03/06/2008 | Laurent Katz

Avec CaptureNX2, Nikon comble de nombreux manques de la version un et souhaite en faire une alternative crédible à Lightroom pour gérer de A à Z un flux de travail basé sur le Nef, le format Raw de ses reflex.


Depuis toujours, la communauté des utilisateurs des reflex Nikon a regretté que Capture, le logiciel de développement Raw lancé avec le D1, ne soit pas gratuit. Puis vont Camera Raw d’Adobe, intégré à Photoshop et à Photoshop Elements, qui a rendu ce point moins crucial. Le lancement de Capture NX, avec l’éditeur américain Nik Multimedia, puis la mise à disposition gratuite du logiciel avec les 300 000 reflex D300 et D3 vendus a pu satisfaire les « nikonistes »… jusqu’à l’annonce de la version 2, qui est payante. 199 € ou 99 € en mise à jour depuis la version 1, qu’elle ait été achetée ou obtenue sans bourse déliée.


- ViewNX2 propose la mise à jour des données IPTC et XMP, intégrées au fichier.

Une première chose que l’on remarque est l’intégration de la visionneuse ViewNX dans le logiciel, c’est plus pratique. Si celle-ci permet d’attribuer une notation, de créer des catégories (0 à 9), de modifier les données XMP et IPTC, d’effectuer des comparaisons visuelles entre photos et de lancer des traitements par lots, il lui manque la notion d’organisation propre à Lightroom ou Aperture. Ici, les images ne peuvent être rangées dans des catégories hiérarchiques, être affectées à des projets avec autant de souplesse que les deux concurrents d’Adobe et d’Apple. Cela dit, cette visionneuse est bien pratique et il suffirait qu’elle dispose d’une fonction de recherche sur les données IPTC et Exif pour acquérir une toute autre dimension.
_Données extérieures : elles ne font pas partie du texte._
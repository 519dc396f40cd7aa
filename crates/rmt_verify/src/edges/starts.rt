//! Starts that rise from 0.

ghost use Rattle.std.specs.Prelude.{◌<◌, ◌↔◌, ℕ, IsTrue, length, slice_index};
ghost use Rattle.rmt_verify.specs.EdgeSpans.{Rise};

/// Whether each start is greater than the one before it.
fn each_rises(starts: &[u16]) -> bool
    ensures { IsTrue result ↔ ((j k : ℕ) → j < k → k < length starts.now → slice_index starts.now j < slice_index starts.now k) }
{
    for at in 1..starts.len() {
        if starts[at] <= starts[at - 1] {
            return false;
        }
    }
    true
}

/// Whether starts rise from 0.
pub fn rise(starts: &[u16]) -> bool
    ensures { IsTrue result ↔ Rise starts.now }
{
    match starts {
        [] => true,
        [first, ..] => *first == 0 && each_rises(starts),
    }
}
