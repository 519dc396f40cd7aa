//! Gates and slots: guards, memories and cells.

ghost use Rattle.std.specs.Prelude.{◌≡◌, ◌++◌, ◌∷◌, [], ◌<◌, ◌^◌, length, OnOk};
ghost use Rattle.rmt_config.specs.Spelling.{two_bytes, spelled_flag, spelled_guard, spelled_test, spelled_gate, spelled_memory, spelled_number, spelled_slot_head, spelled_slot, spelled_unit, CountsFitSlot, CountsFitUnit};
ghost use Rattle.rmt_items.specs.Formats.{spelled_format};

use crate::writing::spelled::{Spelled, put_four, put_list8, put_list16, put_list32, put_two};
use rmt_config::config::{CellNumber, GateTest, GateUnit, Memory, SlotUnit, Unit, UnitGuard};
use std::alloc::AllocError;

fn flag_byte(flag: bool) -> u8
    ensures { result ≡ spelled_flag flag }
{
    if flag { 1 } else { 0 }
}

fn put_guard(out: &mut Vec<u8>, guard: &Option<UnitGuard>) -> Result<(), AllocError>
    ensures { OnOk result (out.new.items ≡ out.old.items ++ spelled_guard guard.now) }
{
    match guard {
        None => out.extend_from_slice(&[0]),
        Some(guard) => {
            out.extend_from_slice(&[1, guard.parent])?;
            put_two(out, guard.mask)
        }
    }
}

impl Spelled for GateTest {
    ghost spelling = { spelled_test };

    fn put(&self, out: &mut Vec<u8>) -> Result<(), AllocError> {
        self.lane.put(out)?;
        put_four(out, self.value)?;
        put_four(out, self.mask)
    }
}

fn put_gate(out: &mut Vec<u8>, gate: &GateUnit) -> Result<(), AllocError>
    requires { length gate.now.tests < 2 ^ 8 }
    ensures { OnOk result (out.new.items ≡ out.old.items ++ spelled_gate gate.now) }
{
    out.push(gate.node)?;
    put_guard(out, &gate.guard)?;
    put_list8(out, gate.tests.as_slice())
}

/// The numbers of exact memory before its lists of blocks.
fn put_exact_format(
    out: &mut Vec<u8>,
    width: u8,
    per: u16,
    quanta: u8,
    first_way: u8,
) -> Result<(), AllocError>
    ensures { OnOk result (out.new.items ≡ out.old.items ++ (1 ∷ width ∷ two_bytes per ++ quanta ∷ first_way ∷ [])) }
{
    out.extend_from_slice(&[1, width])?;
    put_two(out, per)?;
    out.extend_from_slice(&[quanta, first_way])
}

/// The numbers of a memory before its lists of blocks.
fn put_format(out: &mut Vec<u8>, memory: &Memory) -> Result<(), AllocError>
    ensures { OnOk result (out.new.items ≡ out.old.items ++ spelled_format memory.now) }
{
    match memory {
        Memory::Without => out.extend_from_slice(&[0]),
        Memory::Exact {
            width,
            per,
            quanta,
            first_way,
            ..
        } => put_exact_format(out, *width, *per, *quanta, *first_way),
        Memory::Ternary { quanta, .. } => out.extend_from_slice(&[2, *quanta]),
    }
}

/// Lists of blocks, one behind the other.
fn put_blocks(
    out: &mut Vec<u8>,
    keys: &[u8],
    records: &[u8],
    counters: &[u8],
) -> Result<(), AllocError>
    ensures { OnOk result (out.new.items ≡ out.old.items ++ (keys.now ++ records.now ++ counters.now)) }
{
    out.extend_from_slice(keys)?;
    out.extend_from_slice(records)?;
    out.extend_from_slice(counters)
}

fn put_memory(out: &mut Vec<u8>, memory: &Memory) -> Result<(), AllocError>
    ensures { OnOk result (out.new.items ≡ out.old.items ++ spelled_memory memory.now) }
{
    put_format(out, memory)?;
    match memory {
        Memory::Without => Ok(()),
        Memory::Exact {
            keys,
            records,
            counters,
            ..
        }
        | Memory::Ternary {
            keys,
            records,
            counters,
            ..
        } => put_blocks(
            out,
            keys.as_slice(),
            records.as_slice(),
            counters.as_slice(),
        ),
    }
}

impl Spelled for CellNumber {
    ghost spelling = { spelled_number };

    fn put(&self, out: &mut Vec<u8>) -> Result<(), AllocError> {
        put_four(out, self.cell)?;
        put_four(out, self.number)
    }
}

fn put_slot_head(out: &mut Vec<u8>, slot: &SlotUnit) -> Result<(), AllocError>
    ensures { OnOk result (out.new.items ≡ out.old.items ++ spelled_slot_head slot.now) }
{
    out.push(slot.node)?;
    put_guard(out, &slot.guard)?;
    out.extend_from_slice(&[flag_byte(slot.counted), slot.actions, flag_byte(slot.last)])?;
    put_two(out, slot.held)
}

fn put_slot(out: &mut Vec<u8>, slot: &SlotUnit) -> Result<(), AllocError>
    requires { CountsFitSlot slot.now }
    ensures { OnOk result (out.new.items ≡ out.old.items ++ spelled_slot slot.now) }
{
    put_slot_head(out, slot)?;
    put_list16(out, slot.keys.as_slice())?;
    put_memory(out, &slot.memory)?;
    put_list32(out, slot.numbers.as_slice())
}

impl Spelled for Unit {
    ghost spelling = { spelled_unit };

    ghost fits = { CountsFitUnit };

    fn put(&self, out: &mut Vec<u8>) -> Result<(), AllocError> {
        match self {
            Unit::Gate(gate) => {
                out.push(0)?;
                put_gate(out, gate)
            }
            Unit::Slot(slot) => {
                out.push(1)?;
                put_slot(out, slot)
            }
        }
    }
}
- Le mode de retouche rapide permet d’améliorer le rendu tonal de l’image, notamment celui des zones de fortes et basses luminosités.

CaptureNX2 lui-même a fait l’objet de nombreuses interventions. Si certains points ergonomiques de la manipulation des palettes reste toujours contestable, la prise en compte d’un deuxième écran, l’un affichant ViewNX, l’autre la photo en cours de retouche est appréciable. Nik Software a rajouté une palette de retouche graphique, proposant des interventions combinées sur l’histogramme et la courbe de tonalité, un ajustement des hautes et basses lumières pour y récupérer des détails, un ajustement du contraste et de la saturation, ainsi qu’un correcteur d’exposition.

CaptureNX 2 lui-même a fait l’objet de nombreuses interventions. Si certains points ergonomiques de la manipulation des palettes reste toujours contestable, la prise en compte d’un deuxième écran, l’un affichant ViewNX, l’autre la photo en cours de retouche est appréciable. Nik Software a rajouté une palette de retouche graphique, proposant des interventions combinées sur l’histogramme et la courbe de tonalité, un ajustement des hautes et basses lumières pour y récupérer des détails, un ajustement du contraste et de la saturation, ainsi qu’un correcteur d’exposition.

La force de CaptureNX2 repose sur son mode d’intervention particulier, les UPoints permettant d’agir sur des zones d’influence pour corriger les couleurs, le contraste et la luminosité. Maintenant, avec des outils de masquage traditionnel et surtout des UPoints de sélection, vous pourrez améliorer l’accentuation, supprimer le bruit, passer en monochrome, appliquer une courbe tonale de manière sélective.


- 1. Application sélective d’une transformation monochrome, grâce aux nouveau UPoints de sélection.


- 2. Les UPoints de sélection placés pour appliquer l’effet monochrome, le vert signalant les zones non masquées par les UPoints.

CaptureNX2 propose maintenant un outil, l’Autocorrecteur, pour supprimer les poussières, les petits défauts de la peau ou des objets (fil électrique traversant le ciel…). Cette commande respecte la texture et les couleurs pour recréer les pixels remplacés. Mieux, elle est scriptable, ce qui signifie que si vous l’employez pour éliminer les taches noires dues à un capteur pollué, vous pourrez enregistrer ces interventions et les appliquer à un lot de photos.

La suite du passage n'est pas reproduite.